Out[6]: ['speaker_name',
 'Sepeaker_Bio_1',
 'Sepeaker_Bio_2',
 'Sepeaker_Bio_3',
 'Sepeaker_Bio_4',
 'Sepeaker_Bio_5']

In [0]:
speakers_bio.show(10)

+--------------------+--------------+--------------+--------------+--------------+--------------+
|        speaker_name|Sepeaker_Bio_1|Sepeaker_Bio_2|Sepeaker_Bio_3|Sepeaker_Bio_4|Sepeaker_Bio_5|
+--------------------+--------------+--------------+--------------+--------------+--------------+
|   H.E Ghita Mezzour|          null|          null|          null|          null|          null|
|H.E Khalid Aït Taleb|          null|          null|          null|          null|          null|
|H.E Dr. Tunji Alausa|         Dr.\n|          null|          null|          null|          null|
| Nigerian Ministe...|          null|          null|          null|          null|          null|
| emphasizing Univ...|          null|          null|          null|          null|          null|
| he's a U.S. boar...|          null|          null|          null|          null|          null|
| known for pionee...|          null|          null|          null|          null|          null|
| focusing on kidn..

In [0]:

nombre_lignes = speakers_bio.count()

print(f"Le nombre total de lignes dans la table est : {nombre_lignes}")

Le nombre total de lignes dans la table est : 325


In [0]:
from pyspark.sql.functions import col
from functools import reduce 

specific_column = "speaker_name"

condition_specific = (
    col(specific_column).isNotNull() & 
    reduce(lambda x, y: x & y, (col(c).isNull() for c in speakers_bio.columns if c != specific_column))
)

condition_all_null = reduce(lambda x, y: x & y, (col(c).isNull() for c in speakers_bio.columns))

final_condition = condition_specific | condition_all_null

speakers_bio_filtered = speakers_bio.filter(~final_condition)


In [0]:
speakers_bio_filtered.show(30)

+--------------------+--------------------+--------------------+--------------------+--------------------+--------------------+
|        speaker_name|      Sepeaker_Bio_1|      Sepeaker_Bio_2|      Sepeaker_Bio_3|      Sepeaker_Bio_4|      Sepeaker_Bio_5|
+--------------------+--------------------+--------------------+--------------------+--------------------+--------------------+
|H.E Dr.
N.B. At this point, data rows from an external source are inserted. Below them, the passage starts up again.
//! Facts with their marks, and the words that keep them. A word has, from the lowest place on, a digit that says that
//! it keeps a fact (2), the value (2), the kind of the reason (2), the marks (64), the reason's number (2^22) and the
//! level (2^30); the word 0 keeps none.
ghost use Rattle.std.specs.Prelude.{◌≡◌, ◌<◌, ◌==◌, Some};
ghost use Rattle.ff_propagate.specs.Words.{held_of, order_of, reason_of, IsPackable};

use crate::facts::{Fact, Reason};
use ff_tables::Order;

/// What the place of the value counts.
const VALUE_AT: u64 = 2;
/// What the place of the kind of reason counts.
const KIND_AT: u64 = 4;
/// What the place of the marks counts, and how many sets of marks there are.
const MARKS_AT: u64 = 8;

const MARK_SETS: u64 = 64;
/// What the place of the reason's number counts, and how many numbers there are.
const NUMBER_AT: u64 = 512;

const NUMBERS: u64 = 4_194_304;
/// What the place of the level counts, and how many levels there are.
const LEVEL_AT: u64 = 2_147_483_648;

const LEVELS: u64 = 1_073_741_824;

/// A fact with a mark for each term of its reason's constraint on which it rests: bit j of `marks` for the j-th term.
#[derive(Clone, Copy)]
pub struct Held {
    pub fact: Fact,
    pub marks: u8,
}

fn order_in(bit: bool) -> Order
    ensures { result ≡ order_of bit }
{
    if bit { Order::Above } else { Order::Below }
}

fn reason_in(bit: bool, number: u32) -> Reason
    ensures { result ≡ reason_of bit number }
{
    if bit {
        Reason::Forced(number)
    } else {
        Reason::Given(number)
    }
}

/// The fact that a word keeps.
pub fn read_word(word: u64) -> Option<Held>
    ensures { result ≡ held_of word }
{
    if word == 0 {
        return None;
    }
    let value = order_in((word / VALUE_AT) % 2 == 1);
    let number = ((word / NUMBER_AT) % NUMBERS) as u32;
    let reason = reason_in((word / KIND_AT) % 2 == 1, number);
    Some(Held {
        fact: Fact {
            value,
            level: ((word / LEVEL_AT) % LEVELS) as u32,
            reason,
        },
        marks: ((word / MARKS_AT) % MARK_SETS) as u8,
    })
}

fn bit_of(value: Order) -> u64
    ensures is { order_of (result == 1) ≡ value }
    ensures few { result < 2 }
{
    match value {
        Order::Below => 0,
        Order::Above => 1,
    }
}

fn numbered(reason: Reason) -> (u64, u32)
    ensures is { reason_of (result.0 == 1) result.1 ≡ reason }
    ensures few { result.0 < 2 }
{
    match reason {
        Reason::Given(i) => (0, i),
        Reason::Forced(c) => (1, c),
    }
}

/// A word that keeps this fact: at most 64 sets of marks, 2^22 numbers and 2^30 levels have room in it.
pub fn write_word(held: Held) -> u64
    requires { IsPackable held }
    ensures { held_of result ≡ Some held }
{
    let value = bit_of(held.fact.value);
    let (kind, number) = numbered(held.fact.reason);
    1 + VALUE_AT * value
        + KIND_AT * kind
        + MARKS_AT * u64::from(held.marks)
        + NUMBER_AT * u64::from(number)
        + LEVEL_AT * u64::from(held.fact.level)
}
Tunji Alausa|               Dr.\n|                null|                null|                null|                null|
|       Saïd Ibrahimi|Saïd Ibrahimi was...|                null|                null|                null|                null|
|     Hicham el Habti|Hicham El Habti i...|Hicham El Habti h...|He joined OCP Gro...|                null|                null|
|       Sacha Michaud|Sacha Michaud is ...|                null|                null|                null|                null|
|        Akin Abayomi|Professor Akin Ab...|                null|                null|                nul

In [0]:

nombre_lignes = speakers_bio_filtered.count()

print(f"Le nombre total de lignes dans la table est : {nombre_lignes}")

Le nombre total de lignes dans la table est : 44


In [0]:
speakers = speakers.drop("Sepeaker_Bio_1", "Sepeaker_Bio_2", "Sepeaker_Bio_3", "Sepeaker_Bio_4", "Sepeaker_Bio_5")

In [0]:
speakers.columns

Out[13]: ['speaker_name',
 'speaker_Designation',
 'company_represented',
 'speaker_country_origin']

In [0]:
speakers.write.format("delta").mode("overwrite").save("abfss://gitexdatacontainner@gitexdata.dfs.core.windows.net/gold/speakers")

In [0]:
speakers_bio_filtered.write.format("delta").mode("overwrite").save("abfss://gitexdatacontainner@gitexdata.dfs.core.windows.net/gold/speakers_bio_filtered")

## gitex transformation

In [0]:
gitex = spark.read.format("parquet").load("abfss://gitexdatacontainner@gitexdata.dfs.core.windows.net/silver/gitex/gitex.snappy.parquet")


In [0]:
gitex.columns

Out[17]: ['exhibitor_Name',
 'origin_country',
 'exhibitor_description',
 'Primary_sector',
 'Additional_sectors_2',
 'Additional_sectors_3',
 'Additional_sectors_4',
 'Additional_sectors_5',
 'Additional_sectors_6',
 'Additional_sectors_7',
 'Additional_sectors_8',
 'Additional_sectors_9',
 'Additional_sectors_10',
 'Stand',
 'Hall']

In [0]:
all_null_condition = reduce(lambda x, y: x & y, (col(c).isNull() for c in gitex.columns))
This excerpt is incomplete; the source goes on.